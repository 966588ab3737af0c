//! Numbers of a dump.
ghost use Rattle.std.specs.Prelude.{◌≡◌, ◌++◌, IfOk, OnOk, option_map, position};
ghost use Rattle.sql_meaning.specs.Values.{without_trailing};
ghost use Rattle.sql_value.specs.View.{plain_value};
ghost use Rattle.schema_read.specs.Numbers as meant;

use sql_value::{Bytes, Memory, Value, read_number};
use std::alloc::Global;

/// Digits without the zeros at their end.
fn trim_zeros(digits: &[u8]) -> &[u8]
    ensures { result.now ≡ without_trailing 48 digits.now }
{
    let mut rest = digits;
    while let [front @ .., b'0'] = rest {
        rest = front;
    }
    rest
}

/// Appends digits, or `0` where there are none.
fn append_digits(written: &mut Bytes, digits: &[u8]) -> Result<(), Memory>
    ensures { OnOk result (written.new ≡ written.old ++ meant.some_digits digits.now) }
{
    if digits.is_empty() {
        written.append(b"0")
    } else {
        written.append(digits)
    }
}

fn append_pointed(written: &mut Bytes, whole: &[u8], fraction: &[u8]) -> Result<(), Memory>
    ensures { OnOk result (written.new ≡ written.old ++ meant.pointed_text whole.now fraction.now) }
{
    append_digits(written, whole)?;
    written.append(b".")?;
    append_digits(written, trim_zeros(fraction))
}

fn point_place(bytes: &[u8]) -> Option<usize>
    ensures { result ≡ position meant.is_point bytes.now }
{
    bytes.iter().position(
        |byte: &u8| -> bool
            ensures { result ≡ meant.is_point byte.now }
        { *byte == b'.' },
    )
}

/// Appends a number as values write it: with a digit on both sides of its point, and without zeros
/// at its end.
fn append_number(written: &mut Bytes, bytes: &[u8]) -> Result<(), Memory>
    ensures { OnOk result (written.new ≡ written.old ++ meant.number_text bytes.now) }
{
    match point_place(bytes) {
        Some(place) => append_pointed(written, &bytes[..place], &bytes[place + 1..]),
        None => written.append(bytes),
    }
}

/// The value of a number, where it is one of those that this project has.
pub(crate) fn number_value(
    alloc: Global,
    negative: bool,
    bytes: &[u8],
) -> Result<Option<Value>, Memory>
    ensures { IfOk result (λ value. option_map plain_value value
        ≡ meant.number_value negative bytes.now) }
{
    let mut written = Bytes::new(alloc);
    if negative {
        written.append(b"-")?;
    }
    append_number(&mut written, bytes)?;
    Ok(read_number(written.as_slice()))
}
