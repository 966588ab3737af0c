//! Rows while they are read: each is found by its rowid, and all stand by rising rowid.
ghost use Rattle.std.specs.Prelude.{◌≡◌, ◌++◌, ◌∷◌, [], map, slice_index_or, slice_set, OnOk};
ghost use Rattle.std.specs.Prelude.{OnErr, IfOk};
ghost use Rattle.sql_value.specs.View.{plain_value};
ghost use Rattle.schema_model.specs.PlainSchemas.{plain_rows, plain_database};
ghost use Rattle.schema_read.specs.Rows.{has_rowid, next_rowid, insert_row};

use schema_model::{Row, RowList, Tables};
use sql_value::{Memory, Value, Values};
use std::alloc::Global;
use std::collections::BTreeMap;
use std::marker::Model;

/// The values as a list of their own.
fn listed(alloc: Global, values: Vec<Value>) -> Result<Values, Memory>
    ensures { IfOk result (λ list. list ≡ values.items) }
{
    let mut list = Values::new(alloc);
    for value in values {
        list.push(value)?;
    }
    Ok(list)
}

/// The rows of a table.
#[derive(Drop)]
pub struct RowMap {
    rows: BTreeMap<i64, Vec<Value>>,
}

impl Model for RowMap {
    ghost use Rattle.std.specs.Prelude.{List, map};
    ghost use Rattle.sql_meaning.specs.Rows.{Row as PlainRow};
    ghost use Rattle.schema_read.specs.Rows.{row_of_entry};

    ghost Value = { List PlainRow };

    ghost view = { λ m. map row_of_entry m.rows.entries };
}

impl RowMap {
    fn new(alloc: Global) -> Self
        ensures { result ≡ [] }
    {
        RowMap {
            rows: BTreeMap::new(alloc),
        }
    }

    fn has(&self, rowid: i64) -> bool
        ensures { result ≡ has_rowid rowid self.now }
    {
        self.rows.contains_key(&rowid)
    }

    /// One more than the greatest rowid, and 1 where there is no row; none past 64 bits.
    fn next_rowid(&self) -> Option<i64>
        ensures { result ≡ next_rowid self.now }
    {
        match self.rows.last_key_value() {
            Some((rowid, _)) => rowid.checked_add(1),
            None => Some(1),
        }
    }

    fn insert(&mut self, rowid: i64, values: Vec<Value>) -> Result<(), Memory>
        ensures ok { OnOk result (self.new
            ≡ insert_row rowid (map plain_value values.items) self.old) }
        ensures err { OnErr result (self.new ≡ self.old) }
    {
        self.rows.insert(rowid, values)?;
        Ok(())
    }

    fn into_list(self, alloc: Global) -> Result<RowList, Memory>
        ensures { IfOk result (λ rows. plain_rows rows ≡ self) }
    {
        let mut rows = RowList::new(alloc);
        for (rowid, values) in self.rows {
            rows.push(Row {
                rowid,
                values: listed(alloc, values)?,
            })?;
        }
        Ok(rows)
    }
}

/// The rows of each table, by the table's number. A number without a table has no rows.
#[derive(Drop)]
pub struct RowMaps {
    held: Vec<RowMap>,
}

impl Model for RowMaps {
    ghost use Rattle.std.specs.Prelude.{List};
    ghost use Rattle.sql_meaning.specs.Rows.{Row as PlainRow};

    ghost Value = { List (List PlainRow) };

    ghost view = { λ m. m.held.items };
}

impl RowMaps {
    pub(crate) fn new(alloc: Global) -> Self
        ensures { result ≡ [] }
    {
        RowMaps {
            held: Vec::new(alloc),
        }
    }

    /// Adds a table without rows.
    pub(crate) fn add_table(&mut self, alloc: Global) -> Result<(), Memory>
        ensures { OnOk result (self.new ≡ self.old ++ [] ∷ []) }
    {
        Ok(self.held.push(RowMap::new(alloc))?)
    }

    pub(crate) fn has(&self, table: u32, rowid: i64) -> bool
        ensures { result ≡ has_rowid rowid (slice_index_or self.now table []) }
    {
        match self.held.as_slice().get(table as usize) {
            Some(rows) => rows.has(rowid),
            None => false,
        }
    }

    pub(crate) fn next_rowid(&self, table: u32) -> Option<i64>
        ensures { result ≡ next_rowid (slice_index_or self.now table []) }
    {
        match self.held.as_slice().get(table as usize) {
            Some(rows) => rows.next_rowid(),
            None => Some(1),
        }
    }

    pub(crate) fn insert(
        &mut self,
        table: u32,
        rowid: i64,
        values: Vec<Value>,
    ) -> Result<(), Memory>
        ensures { OnOk result (self.new ≡ slice_set self.old table
            (insert_row rowid (map plain_value values.items) (slice_index_or self.old table []))) }
    {
        let number = table as usize;
        if number < self.held.as_slice().len() {
            let rows = &mut self.held[number];
            rows.insert(rowid, values)?;
        }
        Ok(())
    }

    pub(crate) fn into_tables(self, alloc: Global) -> Result<Tables, Memory>
        ensures { IfOk result (λ tables. plain_database tables ≡ self) }
    {
        let mut tables = Tables::new(alloc);
        for rows in self.held {
            tables.push(rows.into_list(alloc)?)?;
        }
        Ok(tables)
    }
}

════════════════

Your instructions: Produce an exact copy of the whole listing.

Output of the task:
repository 966588ab3737af0c
//! Numbers of a dump.
ghost use Rattle.std.specs.Prelude.{◌≡◌, ◌++◌, IfOk, OnOk, option_map, position};
ghost use Rattle.sql_meaning.specs.Values.{without_trailing};
ghost use Rattle.sql_value.specs.View.{plain_value};
ghost use Rattle.schema_read.specs.Numbers as meant;

use sql_value::{Bytes, Memory, Value, read_number};
use std::alloc::Global;

/// Digits without the zeros at their end.
fn trim_zeros(digits: &[u8]) -> &[u8]
    ensures { result.now ≡ without_trailing 48 digits.now }
{
    let mut rest = digits;
    while let [front @ .., b'0'] = rest {
        rest = front;
    }
    rest
}

/// Appends digits, or `0` where there are none.
fn append_digits(written: &mut Bytes, digits: &[u8]) -> Result<(), Memory>
    ensures { OnOk result (written.new ≡ written.old ++ meant.some_digits digits.now) }
{
    if digits.is_empty() {
        written.append(b"0")
    } else {
        written.append(digits)
    }
}

fn append_pointed(written: &mut Bytes, whole: &[u8], fraction: &[u8]) -> Result<(), Memory>
    ensures { OnOk result (written.new ≡ written.old ++ meant.pointed_text whole.now fraction.now) }
{
    append_digits(written, whole)?;
    written.append(b".")?;
    append_digits(written, trim_zeros(fraction))
}

fn point_place(bytes: &[u8]) -> Option<usize>
    ensures { result ≡ position meant.is_point bytes.now }
{
    bytes.iter().position(
        |byte: &u8| -> bool
            ensures { result ≡ meant.is_point byte.now }
        { *byte == b'.' },
    )
}

/// Appends a number as values write it: with a digit on both sides of its point, and without zeros
/// at its end.
fn append_number(written: &mut Bytes, bytes: &[u8]) -> Result<(), Memory>
    ensures { OnOk result (written.new ≡ written.old ++ meant.number_text bytes.now) }
{
    match point_place(bytes) {
        Some(place) => append_pointed(written, &bytes[..place], &bytes[place + 1..]),
        None => written.append(bytes),
    }
}

/// The value of a number, where it is one of those that this project has.
pub(crate) fn number_value(
    alloc: Global,
    negative: bool,
    bytes: &[u8],
) -> Result<Option<Value>, Memory>
    ensures { IfOk result (λ value. option_map plain_value value
        ≡ meant.number_value negative bytes.now) }
{
    let mut written = Bytes::new(alloc);
    if negative {
        written.append(b"-")?;
    }
    append_number(&mut written, bytes)?;
    Ok(read_number(written.as_slice()))
}
repository 966588ab3737af0c
//! Rows while they are read: each is found by its rowid, and all stand by rising rowid.
ghost use Rattle.std.specs.Prelude.{◌≡◌, ◌++◌, ◌∷◌, [], map, slice_index_or, slice_set, OnOk};
ghost use Rattle.std.specs.Prelude.{OnErr, IfOk};
ghost use Rattle.sql_value.specs.View.{plain_value};
ghost use Rattle.schema_model.specs.PlainSchemas.{plain_rows, plain_database};
ghost use Rattle.schema_read.specs.Rows.{has_rowid, next_rowid, insert_row};

use schema_model::{Row, RowList, Tables};
use sql_value::{Memory, Value, Values};
use std::alloc::Global;
use std::collections::BTreeMap;
use std::marker::Model;

/// The values as a list of their own.
fn listed(alloc: Global, values: Vec<Value>) -> Result<Values, Memory>
    ensures { IfOk result (λ list. list ≡ values.items) }
{
    let mut list = Values::new(alloc);
    for value in values {
        list.push(value)?;
    }
    Ok(list)
}

/// The rows of a table.
#[derive(Drop)]
pub struct RowMap {
    rows: BTreeMap<i64, Vec<Value>>,
}

impl Model for RowMap {
    ghost use Rattle.std.specs.Prelude.{List, map};
    ghost use Rattle.sql_meaning.specs.Rows.{Row as PlainRow};
    ghost use Rattle.schema_read.specs.Rows.{row_of_entry};

    ghost Value = { List PlainRow };

    ghost view = { λ m. map row_of_entry m.rows.entries };
}

impl RowMap {
    fn new(alloc: Global) -> Self
        ensures { result ≡ [] }
    {
        RowMap {
            rows: BTreeMap::new(alloc),
        }
    }

    fn has(&self, rowid: i64) -> bool
        ensures { result ≡ has_rowid rowid self.now }
    {
        self.rows.contains_key(&rowid)
    }

    /// One more than the greatest rowid, and 1 where there is no row; none past 64 bits.
    fn next_rowid(&self) -> Option<i64>
        ensures { result ≡ next_rowid self.now }
    {
        match self.rows.last_key_value() {
            Some((rowid, _)) => rowid.checked_add(1),
            None => Some(1),
        }
    }

    fn insert(&mut self, rowid: i64, values: Vec<Value>) -> Result<(), Memory>
        ensures ok { OnOk result (self.new
            ≡ insert_row rowid (map plain_value values.items) self.old) }
        ensures err { OnErr result (self.new ≡ self.old) }
    {
        self.rows.insert(rowid, values)?;
        Ok(())
    }

    fn into_list(self, alloc: Global) -> Result<RowList, Memory>
        ensures { IfOk result (λ rows. plain_rows rows ≡ self) }
    {
        let mut rows = RowList::new(alloc);
        for (rowid, values) in self.rows {
            rows.push(Row {
                rowid,
                values: listed(alloc, values)?,
            })?;
        }
        Ok(rows)
    }
}

/// The rows of each table, by the table's number. A number without a table has no rows.
#[derive(Drop)]
pub struct RowMaps {
    held: Vec<RowMap>,
}

impl Model for RowMaps {
    ghost use Rattle.std.specs.Prelude.{List};
    ghost use Rattle.sql_meaning.specs.Rows.{Row as PlainRow};

    ghost Value = { List (List PlainRow) };

    ghost view = { λ m. m.held.items };
}

impl RowMaps {
    pub(crate) fn new(alloc: Global) -> Self
        ensures { result ≡ [] }
    {
        RowMaps {
            held: Vec::new(alloc),
        }
    }

    /// Adds a table without rows.
    pub(crate) fn add_table(&mut self, alloc: Global) -> Result<(), Memory>
        ensures { OnOk result (self.new ≡ self.old ++ [] ∷ []) }
    {
        Ok(self.held.push(RowMap::new(alloc))?)
    }

    pub(crate) fn has(&self, table: u32, rowid: i64) -> bool
        ensures { result ≡ has_rowid rowid (slice_index_or self.now table []) }
    {
        match self.held.as_slice().get(table as usize) {
            Some(rows) => rows.has(rowid),
            None => false,
        }
    }

    pub(crate) fn next_rowid(&self, table: u32) -> Option<i64>
        ensures { result ≡ next_rowid (slice_index_or self.now table []) }
    {
        match self.held.as_slice().get(table as usize) {
            Some(rows) => rows.next_rowid(),
            None => Some(1),
        }
    }

    pub(crate) fn insert(
        &mut self,
        table: u32,
        rowid: i64,
        values: Vec<Value>,
    ) -> Result<(), Memory>
        ensures { OnOk result (self.new ≡ slice_set self.old table
            (insert_row rowid (map plain_value values.items) (slice_index_or self.old table []))) }
    {
        let number = table as usize;
        if number < self.held.as_slice().len() {
            let rows = &mut self.held[number];
            rows.insert(rowid, values)?;
        }
        Ok(())
    }

    pub(crate) fn into_tables(self, alloc: Global) -> Result<Tables, Memory>
        ensures { IfOk result (λ tables. plain_database tables ≡ self) }
    {
        let mut tables = Tables::new(alloc);
        for rows in self.held {
            tables.push(rows.into_list(alloc)?)?;
        }
        Ok(tables)
    }
}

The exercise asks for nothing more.